Connecticut is full of people who add bright stitches to the state’s fabric. Mervin Whipple, 81, of Killingly, who died April 17, was one.
A third-generation gravedigger who oversaw eight cemeteries, he created the character “Mr. Christmas” and for decades welcomed thousands to his spectacular Christmas display.
Created in memory of his stepson, killed in a work accident, the display eventually included more than 100,000 lights, hundreds of animated figures and the red-jacketed Mr. Whipple, who shook the hand of every visitor (there were more than 50,000 annually). After 35 years, he closed the display Jan. 1, 2003.

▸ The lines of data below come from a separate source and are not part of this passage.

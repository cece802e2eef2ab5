ghost use Rattle.std.specs.Prelude.{◌≡◌, ◌<◌};
ghost use Rattle.labels.specs.Labels.{waiting as waiting_of};
ghost use Rattle.labels.specs.Progress.{rest as rest_of};
ghost use Rattle.labels.specs.TableView.{Adds};
ghost use Rattle.labels.specs.JobWalks.{node_of, wait_of, Walks, WalksNot, WalksPair, WalksRange};

use crate::binding::Binding;
use crate::connective::Connective;
use crate::interval::{ends_after, is_passed, own_ends};
use crate::part::Part;
use crate::read::{is_fact, node_at};
use crate::table::{Full, Table};
use crate::workspace::MOST_WORK;
use goals::goal::{Atom, Ends, Node, Variable};
use goals::job::Job;
use goals::time::Span;
use registers::register::Register;

// Pairs, waits and ranges are made by `new`: a literal takes a line for each field, and `node` would pass 40 lines.

// An "and" or an "or" of a goal, by its number and those of its parts.
#[derive(Clone, Copy)]
pub struct Pair {
    pub by: Connective,
    pub node: usize,
    pub left: usize,
    pub right: usize,
}

impl Pair {
    fn new(by: Connective, node: usize, left: usize, right: usize) -> Pair
        ensures { result ≡ record { by = by; node = node; left = left; right = right } }
    {
        Pair {
            by,
            node,
            left,
            right,
        }
    }
}

// An until of a goal, with its ends or others.
#[derive(Clone, Copy)]
pub struct Wait {
    pub node: usize,
    pub ends: Ends,
    pub hold: usize,
    pub reach: usize,
}

impl Wait {
    pub fn new(node: usize, ends: Ends, hold: usize, reach: usize) -> Wait
        ensures { result ≡ record { node = node; ends = ends; hold = hold; reach = reach } }
    {
        Wait {
            node,
            ends,
            hold,
            reach,
        }
    }
}

// A quantifier of a goal: it joins the labels of the ids for which its bound holds.
#[derive(Clone, Copy)]
pub struct Range {
    pub by: Connective,
    pub node: usize,
    pub variable: Variable,
    pub bound: Atom,
    pub body: usize,
}

impl Range {
    pub fn new(by: Connective, node: usize, variable: Variable, bound: Atom, body: usize) -> Range
        ensures { result ≡ record { by = by; node = node; variable = variable; bound = bound; body = body } }
    {
        Range {
            by,
            node,
            variable,
            bound,
            body,
        }
    }
}

// What a step is worked out by: the job, the register that has the facts before it, and its span.
// The table that it fills is passed beside it: as a field, each contract would have to say that the other three stay.
#[derive(Drop)]
pub struct Step<'a, R> {
    pub job: &'a Job,
    pub register: &'a R,
    pub span: Span,
}

impl<'a, R: Register> Step<'a, R> {
    // A goal node, pending with its own ends.
    fn waiting(
        &self,
        table: &mut Table<MOST_WORK>,
        number: usize,
        binding: Binding,
    ) -> Result<usize, Full>
        ensures { Adds table.old table.new (waiting_of (node_of self.now.job.now number) binding) result }
    {
        let ends = own_ends(node_at(self.job, number));
        table.add(Part::Pending {
            node: number,
            binding,
            ends,
        })
    }

    // What is left of an until after the span.
    fn rest(
        &self,
        table: &mut Table<MOST_WORK>,
        node: usize,
        binding: Binding,
        ends: Ends,
    ) -> Result<usize, Full>
        ensures { Adds table.old table.new (rest_of self.now.span.hours node binding ends) result }
    {
        if is_passed(self.span, ends.upper) {
            return table.add(Part::False);
        }
        let ends = ends_after(self.span, ends);
        table.add(Part::Pending {
            node,
            binding,
            ends,
        })
    }

    // The progress of a goal node under a binding, at the register's facts, over the span.
    #[cycle(joined_negated_node_quantified_until)]
    pub fn node(
        &self,
        table: &mut Table<MOST_WORK>,
        number: usize,
        binding: Binding,
    ) -> Result<usize, Full>
        ensures { Walks self.now.job.now (R.Register.meaning self.now.register.now) self.now.span table.old table.new (node_of self.now.job.now number) binding result }
    {
        match *node_at(self.job, number) {
            Node::True => table.settle(true),
            Node::Test(atom) => table.settle(is_fact(self.register, binding, atom)),
            Node::Equal(left, right) => table.settle(binding.value(left) == binding.value(right)),
            Node::Not(x) => self.negated(table, x, binding),
            Node::And(left, right) => {
                let pair = Pair::new(Connective::And, number, left, right);
                self.joined(table, pair, binding)
            }
            Node::Or(left, right) => {
                let pair = Pair::new(Connective::Or, number, left, right);
                self.joined(table, pair, binding)
            }
            Node::Next(x) => self.waiting(table, x, binding),
            Node::Until(ends, hold, reach) => {
                let wait = Wait::new(number, ends, hold, reach);
                self.until(table, wait, binding)
            }
            Node::ForAll(variable, bound, body) => {
                let range = Range::new(Connective::And, number, variable, bound, body);
                self.quantified(table, range, binding)
            }
            Node::Exists(variable, bound, body) => {
                let range = Range::new(Connective::Or, number, variable, bound, body);
                self.quantified(table, range, binding)
            }
        }
    }

    // The progress of a node, negated.
    #[cycle(joined_negated_node_quantified_until)]
    fn negated(
        &self,
        table: &mut Table<MOST_WORK>,
        number: usize,
        binding: Binding,
    ) -> Result<usize, Full>
        ensures { WalksNot self.now.job.now (R.Register.meaning self.now.register.now) self.now.span table.old table.new number binding result }
    {
        let p = self.node(table, number, binding)?;
        table.negate(p)
    }

    // The progress of two parts, joined.
    #[cycle(joined_negated_node_quantified_until)]
    fn joined(
        &self,
        table: &mut Table<MOST_WORK>,
        pair: Pair,
        binding: Binding,
    ) -> Result<usize, Full>
        requires left { pair.left < pair.node }
        requires right { pair.right < pair.node }
        ensures { WalksPair self.now.job.now (R.Register.meaning self.now.register.now) self.now.span table.old table.new pair binding result }
    {
        let p = self.node(table, pair.left, binding)?;
        let q = self.node(table, pair.right, binding)?;
        table.join(pair.by, p, q)
    }

    // The progress of an until with any ends.
    #[cycle(joined_negated_node_quantified_until)]
    pub fn until(
        &self,
        table: &mut Table<MOST_WORK>,
        wait: Wait,
        binding: Binding,
    ) -> Result<usize, Full>
        requires hold { wait.hold < wait.node }
        requires reach { wait.reach < wait.node }
        ensures { Walks self.now.job.now (R.Register.meaning self.now.register.now) self.now.span table.old table.new (wait_of self.now.job.now wait) binding result }
    {
        let p = self.node(table, wait.hold, binding)?;
        let later = self.rest(table, wait.node, binding, wait.ends)?;
        let q = table.join(Connective::And, p, later)?;
        if wait.ends.lower.hours > 0 {
            return Ok(q);
        }
        let reached = self.node(table, wait.reach, binding)?;
        table.join(Connective::Or, reached, q)
    }

    // The progress of a quantifier: the labels of the ids in its range, joined in rising order to the right of the start.
    #[cycle(joined_negated_node_quantified_until)]
    fn quantified(
        &self,
        table: &mut Table<MOST_WORK>,
        range: Range,
        binding: Binding,
    ) -> Result<usize, Full>
        requires { range.body < range.node }
        ensures { WalksRange self.now.job.now (R.Register.meaning self.now.register.now) self.now.span table.old table.new range binding result }
    {
        let register = self.register;
        let mut so_far = table.start(range.by)?;
        for id in 0..self.job.ids() {
            let bound = binding.with(range.variable, id);
            if is_fact(register, bound, range.bound) {
                let p = self.node(table, range.body, bound)?;
                so_far = table.join(range.by, so_far, p)?;
            }
        }
        Ok(so_far)
    }
}
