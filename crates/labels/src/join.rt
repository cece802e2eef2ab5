ghost use Rattle.labels.specs.Joining.{negate as negated};
ghost use Rattle.labels.specs.Connectives.{join_by, start_of};
ghost use Rattle.labels.specs.Progress.{settled};
ghost use Rattle.labels.specs.TableView.{label_in, Stands, Adds};

use crate::connective::Connective;
use crate::part::Part;
use crate::table::{Full, Table};

// The simplified joinings of labels of a table, by their places.
impl<const LIMIT: usize> Table<LIMIT> {
    // A truth, as TRUE or FALSE.
    pub fn settle(&mut self, truth: bool) -> Result<usize, Full>
        ensures { Adds self.old self.new (settled truth) result }
    {
        self.add(if truth { Part::True } else { Part::False })
    }

    pub fn negate(&mut self, place: usize) -> Result<usize, Full>
        requires { Stands self.old place }
        ensures { Adds self.old self.new (negated (label_in self.old place)) result }
    {
        match self.part(place) {
            Part::True => self.add(Part::False),
            Part::False => self.add(Part::True),
            Part::Not(x) => Ok(x),
            _ => self.add(Part::Not(place)),
        }
    }

    // Two labels joined, by the first rule that fits.
    pub fn join(&mut self, by: Connective, i: usize, j: usize) -> Result<usize, Full>
        requires left { Stands self.old i }
        requires right { Stands self.old j }
        ensures { Adds self.old self.new (join_by by (label_in self.old i) (label_in self.old j)) result }
    {
        let left = self.part(i);
        let right = self.part(j);
        if left == by.absorbing() {
            return Ok(i);
        }
        if right == by.absorbing() {
            return Ok(j);
        }
        if left == by.neutral() {
            return Ok(j);
        }
        if right == by.neutral() || i == j {
            return Ok(i);
        }
        self.add(by.joined(i, j))
    }

    // The label from which a quantifier joins.
    pub fn start(&mut self, by: Connective) -> Result<usize, Full>
        ensures { Adds self.old self.new (start_of by) result }
    {
        self.add(by.neutral())
    }
}
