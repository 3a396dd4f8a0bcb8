// Whether a book's table and sheet fit what is lent: refusals 9 to 11.
#![tactic(auto)]

ghost use Rattle.std.specs.Prelude.{◌≡◌};
ghost use Rattle.model.specs.Refusals.{first};
ghost use Rattle.model.specs.Trials.{cells};
ghost use Rattle.model.specs.Calls.{size_rules};
ghost use Rattle.model.specs.Values.{Held, problem_of};
ghost use Rattle.grid.specs.Geometry.{Capped};

use model::{Book, Refusal};

// Refusals 9 to 11, in this order, of a book with so many cells, for a work area of so many words and a buffer with room for so many bytes.
pub fn size_finding(book: Book, total: usize, words: usize, room: usize) -> Result<(), Refusal>
    requires held { Held book }
    requires capped { Capped (cells (problem_of book)) total }
    ensures { result ≡ first (size_rules (problem_of book) words room) }
{
    if Book::CELLS < total {
        return Err(Refusal::TooManyCells);
    }
    if words < 4 * total {
        return Err(Refusal::WorkTooSmall);
    }
    if room < sheet::sheet_length(book) {
        return Err(Refusal::BufferTooSmall);
    }
    Ok(())
}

A story-telling entrepreneur, Mr. Whipple talked of riding in a rodeo with Roy Rogers but settling down to the family trade in the house where he was born. A curious outcropping of his tombstone business was his becoming a justice of the peace and marrying couples in a chapel he built near his house.
Crowds going to Mr. Whipple’s festive property forced the town to make the streets one-way in the weeks before Christmas. His decorations brought him annual visits from reporters. He would happily retell his tale, explaining that he had to install extra power lines and pay thousands of dollars for electricity.
He dismissed the cost in a 2000 interview. “What the hell good is money?” he asked. “I’ve been in funeral work all my life. I’ve buried millionaires and I’ve buried paupers, and not one of them takes a cent with them.”